-- PROBLEM TO SOLVE --
Hand back all of the records exactly as they read.

-- DATA PROVIDED --
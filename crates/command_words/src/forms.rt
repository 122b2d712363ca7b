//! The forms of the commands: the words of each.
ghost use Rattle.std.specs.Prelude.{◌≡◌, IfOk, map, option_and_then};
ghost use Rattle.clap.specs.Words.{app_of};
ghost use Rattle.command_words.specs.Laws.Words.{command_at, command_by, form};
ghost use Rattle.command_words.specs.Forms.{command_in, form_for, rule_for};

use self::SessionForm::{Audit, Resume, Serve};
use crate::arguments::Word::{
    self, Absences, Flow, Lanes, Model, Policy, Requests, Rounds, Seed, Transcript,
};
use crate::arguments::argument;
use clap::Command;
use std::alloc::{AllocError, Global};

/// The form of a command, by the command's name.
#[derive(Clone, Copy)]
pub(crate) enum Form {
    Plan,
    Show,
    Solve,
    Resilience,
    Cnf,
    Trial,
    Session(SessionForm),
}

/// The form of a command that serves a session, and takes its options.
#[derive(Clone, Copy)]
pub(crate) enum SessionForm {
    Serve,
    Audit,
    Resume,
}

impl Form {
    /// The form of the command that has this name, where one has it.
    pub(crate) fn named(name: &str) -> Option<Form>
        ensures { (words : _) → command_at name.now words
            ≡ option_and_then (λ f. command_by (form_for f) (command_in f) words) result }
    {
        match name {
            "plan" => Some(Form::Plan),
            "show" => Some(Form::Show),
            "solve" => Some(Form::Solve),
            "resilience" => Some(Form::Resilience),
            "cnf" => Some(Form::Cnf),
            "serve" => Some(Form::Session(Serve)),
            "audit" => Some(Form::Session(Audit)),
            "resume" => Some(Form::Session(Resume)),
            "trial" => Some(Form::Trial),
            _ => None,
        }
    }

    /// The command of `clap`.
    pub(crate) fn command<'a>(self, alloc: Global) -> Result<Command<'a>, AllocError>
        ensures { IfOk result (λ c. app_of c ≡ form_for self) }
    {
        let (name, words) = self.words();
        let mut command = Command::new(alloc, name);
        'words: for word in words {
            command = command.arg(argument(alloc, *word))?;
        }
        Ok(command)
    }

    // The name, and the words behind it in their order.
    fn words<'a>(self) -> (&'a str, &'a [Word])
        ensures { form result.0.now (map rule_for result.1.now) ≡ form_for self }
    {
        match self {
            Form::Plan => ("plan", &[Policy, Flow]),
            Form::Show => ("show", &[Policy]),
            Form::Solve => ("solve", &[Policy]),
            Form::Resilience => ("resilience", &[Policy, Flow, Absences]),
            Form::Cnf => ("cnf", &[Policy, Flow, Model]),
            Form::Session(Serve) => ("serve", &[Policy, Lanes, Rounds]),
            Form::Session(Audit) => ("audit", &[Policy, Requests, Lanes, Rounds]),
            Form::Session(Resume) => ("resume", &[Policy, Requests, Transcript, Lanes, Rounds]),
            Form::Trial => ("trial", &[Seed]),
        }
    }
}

-- TASK RESPONSE --
filename crates/command_words/src/forms.rt
repository 122b2d712363ca7b
//! The forms of the commands: the words of each.
ghost use Rattle.std.specs.Prelude.{◌≡◌, IfOk, map, option_and_then};
ghost use Rattle.clap.specs.Words.{app_of};
ghost use Rattle.command_words.specs.Laws.Words.{command_at, command_by, form};
ghost use Rattle.command_words.specs.Forms.{command_in, form_for, rule_for};

use self::SessionForm::{Audit, Resume, Serve};
use crate::arguments::Word::{
    self, Absences, Flow, Lanes, Model, Policy, Requests, Rounds, Seed, Transcript,
};
use crate::arguments::argument;
use clap::Command;
use std::alloc::{AllocError, Global};

/// The form of a command, by the command's name.
#[derive(Clone, Copy)]
pub(crate) enum Form {
    Plan,
    Show,
    Solve,
    Resilience,
    Cnf,
    Trial,
    Session(SessionForm),
}

/// The form of a command that serves a session, and takes its options.
#[derive(Clone, Copy)]
pub(crate) enum SessionForm {
    Serve,
    Audit,
    Resume,
}

impl Form {
    /// The form of the command that has this name, where one has it.
    pub(crate) fn named(name: &str) -> Option<Form>
        ensures { (words : _) → command_at name.now words
            ≡ option_and_then (λ f. command_by (form_for f) (command_in f) words) result }
    {
        match name {
            "plan" => Some(Form::Plan),
            "show" => Some(Form::Show),
            "solve" => Some(Form::Solve),
            "resilience" => Some(Form::Resilience),
            "cnf" => Some(Form::Cnf),
            "serve" => Some(Form::Session(Serve)),
            "audit" => Some(Form::Session(Audit)),
            "resume" => Some(Form::Session(Resume)),
            "trial" => Some(Form::Trial),
            _ => None,
        }
    }

    /// The command of `clap`.
    pub(crate) fn command<'a>(self, alloc: Global) -> Result<Command<'a>, AllocError>
        ensures { IfOk result (λ c. app_of c ≡ form_for self) }
    {
        let (name, words) = self.words();
        let mut command = Command::new(alloc, name);
        'words: for word in words {
            command = command.arg(argument(alloc, *word))?;
        }
        Ok(command)
    }

    // The name, and the words behind it in their order.
    fn words<'a>(self) -> (&'a str, &'a [Word])
        ensures { form result.0.now (map rule_for result.1.now) ≡ form_for self }
    {
        match self {
            Form::Plan => ("plan", &[Policy, Flow]),
            Form::Show => ("show", &[Policy]),
            Form::Solve => ("solve", &[Policy]),
            Form::Resilience => ("resilience", &[Policy, Flow, Absences]),
            Form::Cnf => ("cnf", &[Policy, Flow, Model]),
            Form::Session(Serve) => ("serve", &[Policy, Lanes, Rounds]),
            Form::Session(Audit) => ("audit", &[Policy, Requests, Lanes, Rounds]),
            Form::Session(Resume) => ("resume", &[Policy, Requests, Transcript, Lanes, Rounds]),
            Form::Trial => ("trial", &[Seed]),
        }
    }
}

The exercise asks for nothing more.